读文章: Understanding Pins through keyword extraction

挺久之前读的, 补个笔记. 传统机器学习. 从帖子的多个文本来源抽取候选标签, 然后用分类模型判断标签是否与帖子相关. 没有用到图片信息 (除了从图中抽取文字).

Pinterest 主要通过 annotations 理解文本. Annotations 是 1~6 个词的关键词或者短语, 描述 Pin 的主题. Annotations 除了文本, 还有置信度分数和语言标签 (共 28 门语言), 例如:

- (EN, sloth sanctuary, 0.99)
- (EN, sloths, 0.95)
- (EN, costa rica, 0.90)
- (EN, carribean, 0.85)
- (EN, animals, 0.80)
- (EN, travel, 0.80)

用例

Annotations 用作他们很多产品的机器学习模型特征, 得到了很好的效果.

搜索. 用 annotations 召回.

相关 Pins (推荐). 用 annotation 向量求 cosine 相似度.

安全内容过滤 (分类).

生成方法

Annotations dictionary

Annotations are limited to a finite vocabulary known internally as the Dictionary. The advantage of using such a dictionary over allowing annotations to be arbitrary ngrams is that it guarantees the annotations will be valid and useful phrases instead of misspellings (e.g., “recipies”), stopwords (e.g., “the”), fragments (e.g., “of liberty”) and generic phrases (e.g., “ideas”, “things”).
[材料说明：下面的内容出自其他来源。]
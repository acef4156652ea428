//! What a guide is asked.
//!
//! A guide says which target is tried next. A drive tests each proposal before it takes it, so nothing rests on what a guide
//! says: it may propose what it likes, and how fast the formula shrinks is all that depends on it.
ghost use Rattle.std.specs.Prelude.{◌≡◌, ℕ, Bool};
ghost use Rattle.q_kernel.specs.Prelude.{IsReady};
ghost use Rattle.q_logic.specs.Prelude.{Rose};
ghost use Rattle.q_sched.specs.declared.guide.Proposal.{Proposal};

use crate::moves::Move;
use q_blocked::Step;
use q_kernel::Kernel;

/// What a guide proposes to do next.
#[derive(Clone, Copy, Debug, PartialEq, Eq)]
pub enum Proposal {
    /// To take this target.
    Take(Move),
    /// Nothing more.
    Done,
    /// Memory was wanting for an answer. The turn that asked says so.
    NoMemory,
}

/// Says which target is tried next.
pub trait Guide: Drop {
    /// How often it was asked.
    ghost asked: { Self → ℕ };

    /// Its last answer.
    ghost last: { Self → Proposal };

    /// Whether the proposal was taken of which it was told last.
    ghost heard: { Self → Bool };

    /// What to try next.
    fn propose(&mut self, kernel: &Kernel) -> Proposal
        requires ready { IsReady kernel.now }
        ensures answer { last self.new ≡ result }
        ensures rises { Rose (asked self.old) (asked self.new) };

    /// Whether its last proposal was taken.
    fn told(&mut self, taken: bool)
        ensures asked { asked self.new ≡ asked self.old }
        ensures last { last self.new ≡ last self.old }
        ensures heard { heard self.new ≡ taken };

    /// The steps by which the clause of its last proposal is covered, where it proposed a covered clause and knows them. They are
    /// tested as the proposal is, and spare the drive the search for them.
    fn hint(&self) -> &[Step] {
        &[]
    }
}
The dictionary initially started with popular topics that were manually entered by users, but it has grown to include additional sources of terms such as search queries, hashtags, etc. A significant amount of human curation has gone into building the dictionary to ensure its quality is maintained, and we periodically use heuristics to trim out bad terms and use a spell checker to remove misspellings. We have around 100,000 terms in the dictionary for each language.

Candidate extraction

先从不同文本源抽取候选 annotations. 文本源包括:

  • Pin title, description, url
  • Board name and description
  • Page title and description of the link
  • Search queries that frequently lead to clicks on the Pin
  • Names of objects detected in the image using a visual classifier

抽取候选:

  1. 检测文本语言.
  2. 分词.
  3. 滑窗获得所有 1-6 词的 ngrams.
  4. 标准化 ngrams.
  5. Ngrams are matched against the annotations dictionary.
  6. The extracted annotations are canonicalized to reduce duplication (e.g., “sloth” is canonicalized to “sloths” since it is not useful to have both of these annotations on a Pin). Canonical mappings are stored in the dictionary.

Features

Features are extracted for each annotation candidate to be later used for scoring.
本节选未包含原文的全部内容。